2 Comments
User's avatar
Richard Di Castri's avatar

Matt

I'm just part way into the interview - FANTASTIC! I think I've said this before, but your approach to creativity has been SO inspiring to me.

In my case, I'm hearing clarification around my own engagement with Painting, and my choice to remain free of the pressure to validate my work by gallery showings or sales. I have sold some pieces over the years, but this is not my goal in painting. I do not feel I need to make images which appeal to onlookers - my subjects tend to be expressions of the denizens and their domains in my unconscious. My paintings are my "stories" - often dark, as they struggle onto the canvas. I feel they use me as a sort of portal. When I am surprised by a piece which I could never have painted by my own volition - I know I'm doing what I'm supposed to do.

These past six years, my Art is being channeled into care giving. My studio is now functioning as a storage space - my easel unoccupied. There was a period when I despaired Fate's not-so-gentle nudge into the heavy realms of disease and dementia - supporting loved ones through end of life terror and suffering - but I've come to realize the Daimon's presence as having also prepared me to make this present calling - ART - inverting the daylight distraction of living, into the crucible of uncertainty.

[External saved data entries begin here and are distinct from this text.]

impl Trail {
    /// A trail at level 0 over so many variables, with no literal assigned and no clause attached. It
    /// has memory for all that `decide` and `back_to` do.
    pub fn new(alloc: Global, vars: u32) -> Result<Trail, AllocError>
        ensures vars { IfOk result (λ t. t.vars ≡ vars) }
        ensures none { IfOk result (λ t. t.entries ≡ []) }
        ensures level { IfOk result (λ t. t.levels ≡ []) }
        ensures unwatched { IfOk result (λ t. t.watching.watches ≡ []) }
        ensures unpropagated { IfOk result (λ t. t.propagated ≡ 0) }
    {
        Ok(Trail {
            entries: Vec::with_capacity(alloc, vars as usize)?,
            places: vec![in alloc; None; vars as usize]?,
            values: vec![in alloc; None; vars as usize]?,
            levels: Vec::with_capacity(alloc, vars as usize)?,
            watches: Watches::new(alloc),
            watchers: no_watchers(alloc, vars)?,
            satisfied: 0,
            head: 0,
        })
    }

    /// The value of a variable, and None where it is unassigned.
    pub fn value(&self, var: Var) -> Option<bool>
        requires in_range { var < self.now.vars }
        ensures unassigned { IsNone result ↔ IsUnassigned self.now.entries var }
        ensures value { IfSome result (λ b. HasEntry self.now.entries var (λ e. e.lit.positive ≡ b)) }
    {
        self.values[var.get() as usize]
    }

    /// The place of a variable's literal in the order of assignment, and None where the variable is unassigned.
    pub fn place(&self, var: Var) -> Option<u32>
        requires in_range { var < self.now.vars }
        ensures unassigned { IsNone result ↔ IsUnassigned self.now.entries var }
        ensures place { IfSome result (λ k. (k < length self.now.entries) × ((entry_at self.now.entries k).lit.var ≡ var)) }
    {
        self.places[var.get() as usize]
    }

    /// The present level.
    pub fn level(&self) -> u32
        ensures level { result ≡ length self.now.levels }
        ensures trail { IsTrail self.now }
    {
        self.levels.len() as u32
    }

    /// How many literals are assigned.
    pub fn len(&self) -> u32
        ensures count { result ≡ length self.now.entries }
        ensures trail { IsTrail self.now }
    {
        self.entries.len() as u32
    }

    /// The literal at a place in the order of assignment.
    pub fn lit(&self, place: u32) -> Lit
        requires in_range { place < length self.now.entries }
        ensures literal { result ≡ (entry_at self.now.entries place).lit }
    {
        self.entries[place as usize].lit
    }

    /// The level at which a variable was assigned.
    pub fn level_of(&self, var: Var) -> u32
        requires assigned { IsAssigned self.now.entries var }
        ensures level { HasEntry self.now.entries var (λ e. e.level ≡ result) }
    {
        self.entry_of(var).level
    }

    /// The clause from which a variable's literal followed, and None for a decision.
    pub fn reason(&self, var: Var) -> Option<ClauseRef>
        requires assigned { IsAssigned self.now.entries var }
        ensures reason { HasEntry self.now.entries var (λ e. e.reason ≡ result) }
    {
        self.entry_of(var).reason.map(ClauseRef::new)
    }

    // Whether a literal is true, and None where its variable is unassigned.
    pub(crate) fn truth(&self, lit: Lit) -> Option<bool>
        requires in_range { lit.var < self.now.vars }
        ensures truth { IsTruth self.now.entries lit result }
    {
        match self.value(lit.var()) {
            None => None,
            Some(value) => Some(value == lit.positive()),
        }
    }

    // Assigns a literal of the present level that follows from a clause.
    pub(crate) fn follow(&mut self, lit: Lit, clause: ClauseRef)
        requires in_range { lit.var < self.old.vars }
        requires unassigned { IsUnassigned self.old.entries lit.var }
        ensures trail { self.new ≡ followed self.old lit clause }
        ensures before { IsTrail self.old }
        ensures after { IsTrail self.new }
    {
        let place = self.len();
        let present = self.level();
        push_within(
            &mut self.entries,
            Entry {
                lit,
                level: present,
                reason: Some(clause.get()),
            },
        );
        let at = lit.var().get() as usize;
        self.places[at] = Some(place);
        self.values[at] = Some(lit.positive());
    }

    // Opens a level with a literal, where the graph holds so many edges.
    pub(crate) fn open(&mut self, lit: Lit, mark: u32)
        requires in_range { lit.var < self.old.vars }
        requires unassigned { IsUnassigned self.old.entries lit.var }
        ensures trail { self.new ≡ decided self.old lit mark }
        ensures before { IsTrail self.old }
        ensures after { IsTrail self.new }
    {
        let start = self.len();
        let level = self.level();
        push_within(
            &mut self.entries,
            Entry {
                lit,
                level: level + 1,
                reason: None,
            },
        );
        push_within(&mut self.levels, Level { start, mark });
        let at = lit.var().get() as usize;
        self.places[at] = Some(start);
        self.values[at] = Some(lit.positive());
    }

    // How many edges the graph held when the level above this one began.
    pub(crate) fn mark(&self, level: u32) -> u32
        requires within { level < length self.now.levels }
        ensures mark { result ≡ mark_of self.now.levels level }
    {
        self.levels[level as usize].mark
    }

    // Removes all levels above this one.
    pub(crate) fn cut(&mut self, level: u32)
        requires within { level < length self.old.levels }
        ensures trail { self.new ≡ cut_to level self.old }
        ensures before { IsTrail self.old }
        ensures after { IsTrail self.new }
    {
        let start = self.levels[level as usize].start;
        forget(
            &mut self.entries,
            &mut self.places,
            &mut self.values,
            start as usize,
        );
        self.levels.truncate(level as usize);
        self.head = lesser(self.head, start);
    }

    // The level at which a literal became false, and None where it isn't.
    pub(crate) fn false_at(&self, lit: Lit) -> Option<u32>
        requires in_range { lit.var < self.now.vars }
        ensures open { IsNone result → Contains (literals self.now.entries) (negation lit) → ⊥ }
        ensures level { IfSome result (IsTrueAt self.now.entries (negation lit)) }
    {
        trails_are_in_order(self);
        match self.truth(lit) {
            Some(false) => Some(self.level_of(lit.var())),
            Some(true) => None,
            None => None,
        }
    }

    // Whether a literal is true since that level or a lower one.
    pub(crate) fn true_up_to(&self, lit: Lit, level: u32) -> bool
        requires in_range { lit.var < self.now.vars }
        ensures since { IsTrue result ↔ IsTrueUpTo self.now.entries level lit }
    {
        trails_are_in_order(self);
        match self.truth(lit) {
            Some(true) => self.reached_by(lit, level),
            Some(false) => false,
            None => false,
        }
    }

    // Whether a true literal is so since that level or a lower one.
    fn reached_by(&self, lit: Lit, level: u32) -> bool
        requires held { Contains (literals self.now.entries) lit }
        ensures since { IsTrue result ↔ IsTrueUpTo self.now.entries level lit }
    {
        if self.level() <= level {
            return true;
        }
        self.level_of(lit.var()) <= level
    }

    // How many clauses were attached.
    pub(crate) fn known(&self) -> usize
        ensures known { result ≡ length self.now.watching.watches }
    {
        self.watches.len()
    }

    // The watched literals of a clause, if it was attached and has two.
    pub(crate) fn watch(&self, clause: ClauseRef) -> Option<Watch>
        ensures watch { result ≡ watch_at self.now.watching clause }
    {
        self.watches.get(clause)
    }

    // Where in a clause the next search for a literal to watch begins.
    pub(crate) fn cursor(&self, clause: ClauseRef) -> usize {
        self.watches.cursor(clause)
    }

    // The first clause of which no two literals are watched and that doesn't count as satisfied, and None behind the last.
    pub(crate) fn next_short(&self) -> Option<ClauseRef>
        ensures some { IfSome result (IsNextShort self.now.watching) }
        ensures none { IsNone result → length (unwatched self.now.watching.watches) ≤ self.now.watching.satisfied }
        ensures few { IfSome result (λ _. self.now.watching.satisfied + 1 < 2 ^ 64) }
    {
        self.watches.unwatched(self.satisfied)
    }

    // Counts that clause as satisfied too.
    pub(crate) fn count_satisfied(&mut self)
        requires more { self.old.watching.satisfied < length (unwatched self.old.watching.watches) }
        requires few { self.old.watching.satisfied + 1 < 2 ^ 64 }
        ensures trail { self.new ≡ rewatched self.old (satisfying self.old.watching (self.old.watching.satisfied + 1)) self.old.propagated }
        ensures after { IsTrail self.new }
    {
        self.satisfied += 1;
    }

    // The clause at a place among the watchers of a literal, and None behind the last.
    pub(crate) fn watcher(&self, lit: Lit, place: usize) -> Option<ClauseRef>
        requires in_range { lit.var < self.now.vars }
        ensures some { IfSome result (IsWatcherAt self.now.watching lit place) }
        ensures none { IsNone result → length (watchers_of self.now.watching lit) ≤ place }
        ensures few { IfSome result (λ _. place + 1 < 2 ^ 64) }
    {
        self.watchers[lit.var().get() as usize].get(lit.positive(), place)
    }

    // Adds a clause to the watchers of a literal; want of memory leaves them as they were.
    pub(crate) fn add_watcher(&mut self, lit: Lit, clause: ClauseRef) -> Result<(), AllocError>
        requires in_range { lit.var < self.old.vars }
        ensures ok { OnOk result (self.new ≡ rewatched self.old (with_watcher self.old.watching lit clause) self.old.propagated) }
        ensures err { OnErr result (self.new ≡ self.old) }
        ensures before { IsTrail self.old }
        ensures after { IsTrail self.new }
    {
        self.watchers[lit.var().get() as usize].push(lit.positive(), clause)
    }

    // Removes the clause at a place from the watchers of a literal that it no longer watches.
    pub(crate) fn drop_watcher(&mut self, lit: Lit, place: usize)
        requires in_range { lit.var < self.old.vars }
        requires within { place < length (watchers_of self.old.watching lit) }
        requires unwatched { IsUnwatched self.old.watching (slice_index_or (watchers_of self.old.watching lit) place 0) lit }
        ensures trail { self.new ≡ rewatched self.old (without_watcher self.old.watching lit place) self.old.propagated }
        ensures before { IsTrail self.old }
        ensures after { IsTrail self.new }
    {
        self.watchers[lit.var().get() as usize].remove(lit.positive(), place);
    }

    // Attaches a clause that has no two literals, or stands among the watchers of two.
    pub(crate) fn attach(
        &mut self,
        clause: ClauseRef,
        watch: Option<Watch>,
    ) -> Result<(), AllocError>
        requires next { clause ≡ length self.old.watching.watches }
        requires listed { IfSome watch (λ p. IsListed self.old.watching (length self.old.watching.watches) p) }
        ensures ok { OnOk result (self.new ≡ rewatched self.old (attaching self.old.watching watch) self.old.propagated) }
        ensures err { OnErr result (self.new ≡ self.old) }
        ensures before { IsTrail self.old }
        ensures after { IsTrail self.new }
    {
        self.watches.push(clause, watch)
    }

    // Watches two other literals of a clause, among whose watchers it stands. The next search begins at a place of the clause.
    pub(crate) fn set_watch(&mut self, clause: ClauseRef, watch: Watch, cursor: usize)
        requires known { clause < length self.old.watching.watches }
        requires watched { IsSome (watch_at self.old.watching clause) }
        requires listed { IsListed self.old.watching clause watch }
        ensures trail { self.new ≡ rewatched self.old (rewatching self.old.watching clause watch) self.old.propagated }
        ensures before { IsTrail self.old }
        ensures after { IsTrail self.new }
    {
        self.watches.set(clause, watch, cursor);
    }

    // The place of the next literal to propagate: those before it are.
    pub(crate) fn head(&self) -> u32
        ensures head { result ≡ self.now.propagated }
    {
        self.head
    }

    // Moves the head behind the literal that was propagated.
    pub(crate) fn advance(&mut self)
        requires more { self.old.propagated < length self.old.entries }
        ensures trail { self.new ≡ rewatched self.old self.old.watching (self.old.propagated + 1) }
        ensures after { IsTrail self.new }
    {
        self.head += 1;
    }

    // Moves the head back before the literals of the present level.
    pub(crate) fn rewind(&mut self)
        ensures trail { self.new ≡ rewatched self.old self.old.watching self.new.propagated }
        ensures unpropagated { IsUnpropagated self.new }
        ensures fewer { self.new.propagated ≤ self.old.propagated }
        ensures before { IsTrail self.old }
        ensures after { IsTrail self.new }
    {
        self.head = lesser(self.head, present_start(&self.levels));
    }

    // The entry of a variable.
    fn entry_of(&self, var: Var) -> Entry
        requires assigned { IsAssigned self.now.entries var }
        ensures entry { HasEntry self.now.entries var (λ e. e ≡ result) }
    {
        match self.places[var.get() as usize] {
            None => unreachable!(),
            Some(place) => self.entries[place as usize],
        }
    }
}
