// The laws of covers over derived rows, carried by a function that does nothing.

ghost use Rattle.std.specs.Prelude.{ℕ, List};
ghost use Rattle.tv_linear.specs.Linear.{Linear};
ghost use Rattle.tv_cases.specs.LinearCases.{LinearCase, CaseSystem};
ghost use Rattle.tv_derived.specs.Scopes.{Scope, Placed};
ghost use Rattle.tv_derived.specs.CaseQuestions.{IsAsked};
ghost use Rattle.tv_cover_refusals.specs.Covers.{CoverRefuses, CoverRefusesCase};

/// A refusal of `tv_cover::cover` over derived rows, and of the cover that shows that a case keeps a row.
pub fn covers_are_derived()
    ensures refusals { (about : CaseSystem) (base : List Placed) (f : Scope) (h : ℕ) → CoverRefuses about base f h }
    ensures case { (about : CaseSystem) (c : LinearCase) (rows : List Linear) (owed : Linear) →
        IsAsked about c owed → CoverRefusesCase about c rows owed }
{}
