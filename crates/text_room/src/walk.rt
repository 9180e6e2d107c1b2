//! Walks a text of several objects step by step.
ghost use Rattle.std.specs.Prelude.{◌≡◌, ◌+◌, ◌^◌, ◌<◌, ◌++◌, ◌∷◌, [], ℕ, List, length, map, Ok, OnOk, IfOk, IfErr, IfSome, ⊤};
ghost use Rattle.model_room.specs.declared.event.RoomEvent.{RoomEvent as ARoomEvent};
ghost use Rattle.model_room.specs.Room.{StandsAt};
ghost use Rattle.sync_steps.specs.Machine.Strides.{IsQuiet};
ghost use Rattle.sync_play.specs.Player.{steps_left};
ghost use Rattle.text_lines.specs.Fault.{IsFaultOf};
ghost use Rattle.text_lines.specs.Lexer.{lines_of, words_of};
ghost use Rattle.text_room.specs.Walk as meaning;

use crate::player::next_events;
use model_events::event::Object;
use model_room::event::RoomEvent;
use model_room::room::Room;
use std::alloc::{AllocError, Allocator, Global};
use text_lines::command::Task;
use text_lines::fault::{FaultyLine, LineFault, TextFault};
use text_lines::integer::TextInteger;
use text_lines::lexer::{is, next_line, next_word};
use text_lines::several::{RoomCommand, named_object, parties};

/// An event, and the line that asked for it, counted from 1.
#[derive(Copy)]
pub struct Step<T> {
    pub line: u64,
    pub event: RoomEvent<T>,
}

impl<T: Copy> Clone for Step<T> {
    ghost is_clone = { λ x y. y ≡ x };

    ghost is_infallible = { λ _. ⊤ };

    fn clone(&self) -> Result<Self, AllocError> {
        Ok(*self)
    }
}

/// Equal steps in a row: one, or those of a call that spins.
#[derive(Copy)]
pub struct Stride<T> {
    pub step: Step<T>,
    pub times: u64,
}

impl<T: Copy> Clone for Stride<T> {
    ghost is_clone = { λ x y. y ≡ x };

    ghost is_infallible = { λ _. ⊤ };

    fn clone(&self) -> Result<Self, AllocError> {
        Ok(*self)
    }
}

/// What is left of a text: of line `line` what `left` asks, and all the lines after it.
#[derive(Copy)]
pub struct Rest<'t, T> {
    pub line: u64,
    pub left: RoomCommand<T>,
    pub lines: &'t [u8],
}

impl<'t, T: Copy> Clone for Rest<'t, T> {
    ghost is_clone = { λ x y. y ≡ x };

    ghost is_infallible = { λ _. ⊤ };

    fn clone(&self) -> Result<Self, AllocError> {
        Ok(Rest {
            line: self.line,
            left: self.left,
            lines: self.lines,
        })
    }
}

/// What the first lines of a text name: how many parties share which objects.
#[derive(Drop)]
pub struct Group<'t, T, A: Allocator = Global> {
    pub parties: usize,
    pub names: Vec<&'t [u8], A>,
    pub objects: Vec<Object<T>, A>,
}

/// What asks for no step.
fn nothing<T>() -> RoomCommand<T>
    ensures { result ≡ meaning.nothing }
{
    RoomCommand {
        party: 0,
        named: None,
        task: Task::Go(0),
    }
}

/// What a line asks; one without words asks for no step.
fn asked<T: TextInteger>(
    names: &[&[u8]],
    objects: &[Object<T>],
    line: &[u8],
) -> Result<RoomCommand<T>, LineFault>
    ensures asked { result ≡ meaning.asked T.numerals (map (λ name. name.now) names.now) objects.now (words_of line.now) }
    ensures within { IfOk result (λ command. steps_left command.task < 2 ^ 64) }
{
    match RoomCommand::parse(names, objects, line) {
        Ok(Some(command)) => Ok(command),
        Ok(None) => Ok(nothing()),
        Err(fault) => Err(fault),
    }
}

#[tactic(auto, using(crate::proofs::OpenLaws::map_more))]
fn push_name<'t, A: Allocator>(
    names: &mut Vec<&'t [u8], A>,
    name: &'t [u8],
) -> Result<(), AllocError>
    ensures { OnOk result (map (λ other. other.now) names.new.items ≡ map (λ other. other.now) names.old.items ++ name.now ∷ []) }
{
    names.push(name)?;
    Ok(())
}

fn push_object<T: TextInteger, A: Allocator>(
    objects: &mut Vec<Object<T>, A>,
    object: Object<T>,
) -> Result<(), AllocError>
    ensures { OnOk result (objects.new.items ≡ objects.old.items ++ object ∷ []) }
{
    objects.push(object)?;
    Ok(())
}

/// What the first lines of a text of several objects name, and what is left of the text then; or why they name none.
pub fn open<'t, T: TextInteger, A: Allocator + Copy>(
    alloc: A,
    text: &'t [u8],
) -> Result<(Group<'t, T, A>, Rest<'t, T>), TextFault>
    ensures opened { IfOk result (λ found. meaning.opened T.numerals (lines_of text.now) ≡ Ok (meaning.told found.0 found.1)) }
    ensures fault { IfErr result (λ fault. IsFaultOf fault (meaning.opened T.numerals (lines_of text.now))) }
    ensures left { IfOk result (λ found. found.1.left ≡ meaning.nothing) }
    ensures countable { IfOk result (λ found. found.1.line + length found.1.lines.now < 2 ^ 64) }
{
    let Some((first, after)) = next_line(text) else {
        return Err(TextFault::Line {
            line: 1,
            fault: LineFault::NoObject,
        });
    };
    let parties = match parties(first) {
        Ok(parties) => parties,
        Err(fault) => return Err(TextFault::Line { line: 1, fault }),
    };
    let mut names = Vec::new(alloc);
    let mut objects = Vec::new(alloc);
    let mut line: u64 = 1;
    let mut lines = after;
    while let Some((next, after)) = next_line(lines) {
        if let Some((word, rest)) = next_word(next) {
            if !is(word, b"let") {
                break;
            }
            match named_object::<T>(&names, rest) {
                Ok((name, object)) => {
                    push_name(&mut names, name)?;
                    push_object(&mut objects, object)?;
                }
                Err(fault) => {
                    return Err(TextFault::Line {
                        line: line + 1,
                        fault,
                    });
                }
            }
        }
        line += 1;
        lines = after;
    }
    Ok((
        Group {
            parties,
            names,
            objects,
        },
        Rest {
            line,
            left: nothing(),
            lines,
        },
    ))
}

/// Plays the next steps of a text at its room, one, or equal ones in a row as a spin makes them, and `rest` is then what is left of it.
/// `None` once all lines are played.
///
/// After a fault nothing more is to be asked.
pub fn next_stride<T: TextInteger, A: Allocator>(
    room: &mut Room<T, A>,
    names: &[&[u8]],
    objects: &[Object<T>],
    rest: &mut Rest<'_, T>,
) -> Result<Option<Stride<T>>, FaultyLine>
    requires countable { rest.old.line + length rest.old.lines.now < 2 ^ 64 }
    ensures stride { (parties : ℕ) (past : List (ARoomEvent T)) → StandsAt T.arithmetic objects.now parties past room.old →
        meaning.IsNextStride T.arithmetic T.numerals (map (λ name. name.now) names.now) objects.now parties past rest.old rest.new room.new result }
    ensures some { IfOk result (λ stride. IfSome stride (λ s. 0 < s.times)) }

    // Of several steps each leaves all words and holds as they are.
    ensures quiet { IfOk result (λ stride. IfSome stride (λ s. 1 < s.times → IsQuiet s.step.event.event)) }
    ensures countable { rest.new.line + length rest.new.lines.now < 2 ^ 64 }
    ensures fewer { IfOk result (λ stride. IfSome stride (λ _. meaning.most_steps rest.new < meaning.most_steps rest.old)) }
{
    loop {
        match next_events(room, &mut rest.left) {
            Ok(Some(found)) => {
                let step = Step {
                    line: rest.line,
                    event: found.event,
                };
                return Ok(Some(Stride {
                    step,
                    times: found.times,
                }));
            }
            Ok(None) => {}
            Err(fault) => {
                return Err(FaultyLine {
                    line: rest.line,
                    fault,
                });
            }
        }
        let Some((line, lines)) = next_line(rest.lines) else {
            return Ok(None);
        };
        rest.line += 1;
        rest.lines = lines;
        match asked(names, objects, line) {
            Ok(command) => rest.left = command,
            Err(fault) => {
                return Err(FaultyLine {
                    line: rest.line,
                    fault,
                });
            }
        }
    }
}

Your lucid voice reiterates this for me - it is not ME doing Art....( or care giving ). It is something other.

Thank you for your wisdom and inspiration - now back to the interview.

Matt Cardin's avatar

Your words are just so poignant, Richard. As I read them, I can't help thinking of what Ken and Treya Killam Wilber went through together in the 1980s when she was diagnosed with breast cancer just ten days into their marriage. He has written movingly about the way he felt torn from his spiritual center as he realized he had to abandon meditation to be there with her and for her. Then he further realized that this in itself had become his spiritual practice, the very place that he and they needed to be. His characterization of the whole thing as a combination of grace and grit (which became the title of his/their memoir of that time together) has always struck me as deeply moving. I know everyone's circumstances, definitely including those of you and your partner, are unique. But as I said, the resonances are there.